The test suite uses `node:test` and exercises:

- `chunker` (frontmatter, title derivation, overlap windowing)
- `sqlutil` (every value type the engine accepts as a SQL literal)
- `embeddings` (hash determinism + a mocked OpenAI HTTP call)
- `db` (schema migration, upsert/delete/cascade, hybrid retrieval)
- `ingest` (end-to-end against the markdown fixtures in
  [`test/fixtures/`]test/fixtures/)
- `serve` + `claude-config` (binary lookup, snippet shape)

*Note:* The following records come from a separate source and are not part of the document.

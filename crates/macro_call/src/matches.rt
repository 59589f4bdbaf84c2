// Partial matches of a delimiter.
ghost use Rattle.std.specs.Prelude.{◌≡◌, ◌+◌, ◌-◌, ◌<◌, ◌≤◌, ◌^◌, ◌++◌, ◌∷◌, ◌==◌, ◌&&◌, [], false, length, take, drop};
ghost use Rattle.token_lists.specs.Ids.{id_of};
ghost use Rattle.plain_tokens.specs.Arguments.{is_prefix, partial, unmatched, open_behind};
ghost use Rattle.macro_call.specs.Cursors.{IsOn, IsAhead, IsBehindFront, delimiter_at};

use crate::cursor::Cursor;
use crate::tokens::{is_begin, is_end, same};
use tex_defs::Token;
use token_lists::{ListRef, Lists};

// Where the first tokens from one place on, as many as `count`, and then x, begin the delimiter: the place in it behind
// these.
fn behind_front(
    lists: &Lists,
    list: &ListRef,
    delimiter: Cursor,
    from: Cursor,
    count: usize,
    x: Token,
) -> Option<Cursor>
    requires on { IsOn lists.now (id_of list.now) delimiter }
    requires from_on { IsOn lists.now (id_of list.now) from }
    requires inside { count < length (delimiter_at lists.now (id_of list.now) delimiter) }
    requires from_inside { count ≤ length (delimiter_at lists.now (id_of list.now) from) }
    ensures { IsBehindFront lists.now (id_of list.now) delimiter (take count (delimiter_at lists.now (id_of list.now) from) ++ x ∷ []) (count + 1) result }
{
    let mut wanted = delimiter;
    let mut met = from;
    for _k in 0..count {
        let (a, next) = met.delimiting(lists, list);
        let (b, behind) = wanted.delimiting(lists, list);
        if !same(a, b) {
            return None;
        }
        met = next;
        wanted = behind;
    }
    let (b, behind) = wanted.delimiting(lists, list);
    if !same(x, b) {
        return None;
    }
    Some(behind)
}

// The groups that are open behind a token.
#[inline(always)]
pub fn behind(depth: usize, x: Token) -> usize
    requires { depth + 1 < 2 ^ 64 }
    ensures { result ≡ open_behind depth x }
{
    if is_begin(x) {
        depth + 1
    } else if is_end(x) && depth > 0 {
        depth - 1
    } else {
        depth
    }
}

// A match that x doesn't go on with, or that began where groups were open, begins again as early as it can: what `advance_match` answers then.
fn begin_again(
    lists: &Lists,
    list: &ListRef,
    delimiter: Cursor,
    matched: usize,
    depth: usize,
    x: Token,
) -> (usize, Cursor)
    requires on { IsOn lists.now (id_of list.now) delimiter }
    requires inside { matched < length (delimiter_at lists.now (id_of list.now) delimiter) }
    requires shallow { depth + matched + 1 < 2 ^ 64 }
    requires fails { ((depth == 0) && is_prefix (take matched (delimiter_at lists.now (id_of list.now) delimiter) ++ x ∷ []) (delimiter_at lists.now (id_of list.now) delimiter)) ≡ false }
    ensures within { result.0 ≤ matched + 1 }
    ensures part { partial (delimiter_at lists.now (id_of list.now) delimiter) depth (take matched (delimiter_at lists.now (id_of list.now) delimiter) ++ x ∷ []) ≡ drop result.0 (take matched (delimiter_at lists.now (id_of list.now) delimiter) ++ x ∷ []) }
    ensures rest { unmatched (delimiter_at lists.now (id_of list.now) delimiter) depth (take matched (delimiter_at lists.now (id_of list.now) delimiter) ++ x ∷ []) ≡ take result.0 (take matched (delimiter_at lists.now (id_of list.now) delimiter) ++ x ∷ []) }
    ensures next { IsAhead lists.now (id_of list.now) delimiter (matched + 1 - result.0) result.1 }
{
    let mut groups = depth;
    let mut from = delimiter;
    for i in 0..matched {
        let (d, second) = from.delimiting(lists, list);
        groups = behind(groups, d);
        from = second;
        if groups == 0 {
            if let Some(next) = behind_front(lists, list, delimiter, from, matched - i - 1, x) {
                return (i + 1, next);
            }
        }
    }
    (matched + 1, delimiter)
}

// How many of the matched tokens, and then x, no match can need any more, and the place in the delimiter behind the
// others, which are the partial match. `next` is that behind the matched tokens: where x stands there, the match goes on.
// Where it began, `depth` groups were open.
pub fn advance_match(
    lists: &Lists,
    list: &ListRef,
    delimiter: Cursor,
    next: Cursor,
    matched: usize,
    depth: usize,
    x: Token,
) -> (usize, Cursor)
    requires on { IsOn lists.now (id_of list.now) delimiter }
    requires next { IsAhead lists.now (id_of list.now) delimiter matched next }
    requires inside { matched < length (delimiter_at lists.now (id_of list.now) delimiter) }
    requires shallow { depth + matched + 1 < 2 ^ 64 }
    ensures within { result.0 ≤ matched + 1 }
    ensures part { partial (delimiter_at lists.now (id_of list.now) delimiter) depth (take matched (delimiter_at lists.now (id_of list.now) delimiter) ++ x ∷ []) ≡ drop result.0 (take matched (delimiter_at lists.now (id_of list.now) delimiter) ++ x ∷ []) }
    ensures rest { unmatched (delimiter_at lists.now (id_of list.now) delimiter) depth (take matched (delimiter_at lists.now (id_of list.now) delimiter) ++ x ∷ []) ≡ take result.0 (take matched (delimiter_at lists.now (id_of list.now) delimiter) ++ x ∷ []) }
    ensures next { IsAhead lists.now (id_of list.now) delimiter (matched + 1 - result.0) result.1 }
{
    let (wanted, behind) = next.delimiting(lists, list);
    if depth == 0 && same(x, wanted) {
        return (0, behind);
    }
    // Most tokens neither go on with a match nor begin one.
    if matched == 0 {
        return (1, delimiter);
    }
    begin_again(lists, list, delimiter, matched, depth, x)
}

A few tests need the `@joaoh82/sqlrite` engine binding installed;
they skip cleanly (with a message) if it isn't.

## Layout

```
examples/nodejs-notes/
├── package.json                       # @joaoh82/sqlrite pinned in lockstep with the engine release
├── README.md                          # this file
├── bin/
│   └── sqlrite-notes.mjs              # entry — calls src/cli.mjs
├── src/
│   ├── cli.mjs                        # argv parsing + command dispatch
│   ├── config.mjs                     # defaults + path resolution
│   ├── sqlutil.mjs                    # q() + ident() — SQL literal helpers
│   ├── db.mjs                         # schema, migrations, every SQL string
│   ├── chunker.mjs                    # frontmatter + heading-aware chunking
│   ├── embeddings.mjs                 # hash + OpenAI embedders
│   ├── ingest.mjs                     # plan → delete → insert
│   ├── search.mjs                     # hybrid retrieval driver
│   ├── serve.mjs                      # spawn sqlrite-mcp --read-only
│   └── claude-config.mjs              # Claude Desktop snippet renderer
└── test/                              # node --test suite
    ├── fixtures/                      # 3 short markdown notes
    ├── chunker.test.mjs
    ├── claude-config.test.mjs
    ├── db.test.mjs                    # integration — needs @joaoh82/sqlrite
    ├── embeddings.test.mjs
    ├── ingest.test.mjs                # integration — needs @joaoh82/sqlrite
    ├── serve.test.mjs
    └── sqlutil.test.mjs
```

The example binds only to the documented public surfaces:
[`@joaoh82/sqlrite`](../../sdk/nodejs/) (`Database`, `Statement`)
and [`sqlrite-mcp`](../../docs/mcp.md) as a child process. It does
not reach into engine internals.

## License

MIT — same as the rest of the rust_sqlite repo.